_REQUIRED WORK_
From the listing below, pull each line that includes "result".

■ ■ ■ ■ ■ ■ ■

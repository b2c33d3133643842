// An image layer over a part of a row of pixels: its base colour before its area and behind it, the unseen pixel where it was not read, and in its area
// a part of a sample, whole ones, and a part of one.
#![tactic(auto)]

ghost use Rattle.std.specs.Prelude.{◌≡◌, ◌≢◌, ◌+◌, ◌-◌, ◌*◌, ◌<◌, ◌≤◌, length};
ghost use Rattle.line_fetch.specs.Rows.{Turns, ImageFits};
ghost use Rattle.paint_words.specs.Words.{octets_of};
ghost use Rattle.paint_coat.specs.Coat.{Coated, over, four_in};
ghost use Rattle.paint_image.specs.Image.{image_from, area_from, moved, Plain, SampleAt, PartFits, OneFits, WholeFits, Within, Between, Beside};

use line_fetch::Row;
use pixel_rules::MainPos;

// Brought between two places: the clamp, told point by point.
pub fn within(x: usize, a: usize, b: usize) -> usize
    requires { a ≤ b }
    ensures { Within x a b result }
{
    x.clamp(a, b)
}

// The sample of a pixel.
pub fn sample_of(r: Row, x: usize) -> usize
    requires { Turns r × (r.from.0 ≤ x) × (x < 65536) }
    ensures { SampleAt r x result }
{
    let p = line_sample::scale_pos(r.ratio, r.factor, r.from, MainPos(x));
    p.0
}

fn sample_word(d: &[u8], p: usize, each: usize) -> u32
    requires { (each ≢ 3 → each ≡ 1) × (p + each ≤ length d.now) }
    ensures { octets_of result ≡ four_in each d.now p }
{
    if each == 3 {
        paint_words::seen(d, p)
    } else {
        paint_words::grey(d, p)
    }
}

// Pixels of sample i.
fn lay_one(out: &mut [u8], t: usize, d: &[u8], r: Row, i: usize, a: usize, b: usize)
    requires { OneFits d.now r i a b × ((t + (b - a)) * 4 ≤ length out.old) }
    ensures { Coated (over (moved t a (area_from d.now r))) out.old t (t + (b - a)) out.new }
{
    let w = sample_word(d, r.at + i * r.read, r.read);
    paint_coat::lay_flat(out, t, t + (b - a), w);
}

// n samples from sample q on, which starts at pixel f.
fn lay_whole(out: &mut [u8], t: usize, d: &[u8], r: Row, q: usize, n: usize, f: usize)
    requires { WholeFits d.now r q n f × ((t + n * r.ratio) * 4 ≤ length out.old) }
    ensures { Coated (over (moved t f (area_from d.now r))) out.old t (t + n * r.ratio) out.new }
{
    if n == 0 {
        return;
    }
    paint_coat::lay_samples(out, d, t, n, r.at + q * r.read, r.read, r.ratio);
}

// From pixel f, where sample q starts, up to b.
fn lay_from(out: &mut [u8], t: usize, d: &[u8], r: Row, q: usize, f: usize, b: usize)
    requires { PartFits d.now r f b × (f ≤ b) × (f ≡ r.from.0 + q * r.ratio) × ((t + (b - f)) * 4 ≤ length out.old) }
    ensures { Coated (over (moved t f (area_from d.now r))) out.old t (t + (b - f)) out.new }
{
    let j = sample_of(r, b);
    let e = r.from.0 + j * r.ratio;
    lay_whole(out, t, d, r, q, j - q, f);
    if e < b {
        lay_one(out, t + (e - f), d, r, j, e, b);
    }
}

// The part of the area from pixel a up to b, at the pixels from t on.
fn lay_area(out: &mut [u8], t: usize, d: &[u8], r: Row, a: usize, b: usize)
    requires { PartFits d.now r a b × (a < b) × ((t + (b - a)) * 4 ≤ length out.old) }
    ensures { Coated (over (moved t a (area_from d.now r))) out.old t (t + (b - a)) out.new }
{
    let i = sample_of(r, a);
    let s = r.from.0 + i * r.ratio;
    if s == a {
        lay_from(out, t, d, r, i, a, b);
        return;
    }
    let f = s + r.ratio;
    if b <= f {
        lay_one(out, t, d, r, i, a, b);
        return;
    }
    lay_one(out, t, d, r, i, a, f);
    lay_from(out, t + (f - a), d, r, i + 1, f, b);
}

// The base colour, before the area or behind it.
fn lay_base(out: &mut [u8], t: usize, s: &[u8], d: &[u8], r: Row, a: usize, b: usize, u: u32)
    requires { ImageFits s.now d.now r × Beside r a b × (a ≤ b) × ((t + (b - a)) * 4 ≤ length out.old) }
    ensures { Coated (over (moved t a (image_from (octets_of u) s.now d.now r))) out.old t (t + (b - a)) out.new }
{
    if b <= a {
        return;
    }
    let w = paint_words::seen(s, r.other);
    paint_coat::lay_flat(out, t, t + (b - a), w);
}

// The area, read or not.
fn lay_inside(out: &mut [u8], t: usize, s: &[u8], d: &[u8], r: Row, a: usize, b: usize, u: u32)
    requires { ImageFits s.now d.now r × Plain r × Between r a b × (b < 65536) × (a ≤ b) × ((t + (b - a)) * 4 ≤ length out.old) }
    ensures { Coated (over (moved t a (image_from (octets_of u) s.now d.now r))) out.old t (t + (b - a)) out.new }
{
    if b <= a {
        return;
    }
    if r.read == 0 {
        paint_coat::lay_flat(out, t, t + (b - a), u);
        return;
    }
    lay_area(out, t, d, r, a, b);
}

// What the layer gives at the pixels a up to b, at the pixels of the row from t on; u is the unseen pixel.
pub fn lay_image(out: &mut [u8], t: usize, s: &[u8], d: &[u8], r: Row, a: usize, b: usize, u: u32)
    requires { ImageFits s.now d.now r × Plain r × (b < 65536) × (a ≤ b) × ((t + (b - a)) * 4 ≤ length out.old) }
    ensures { Coated (over (moved t a (image_from (octets_of u) s.now d.now r))) out.old t (t + (b - a)) out.new }
{
    let f = within(r.from.0, a, b);
    let g = within(r.to.0, f, b);
    lay_base(out, t, s, d, r, a, f, u);
    lay_inside(out, t + (f - a), s, d, r, f, g, u);
    lay_base(out, t + (g - a), s, d, r, g, b, u);
}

■ ■ ■ ■ ■ ■ ■

_RESPONSE BOX_
    ensures { Within x a b result }
    ensures { SampleAt r x result }
    ensures { octets_of result ≡ four_in each d.now p }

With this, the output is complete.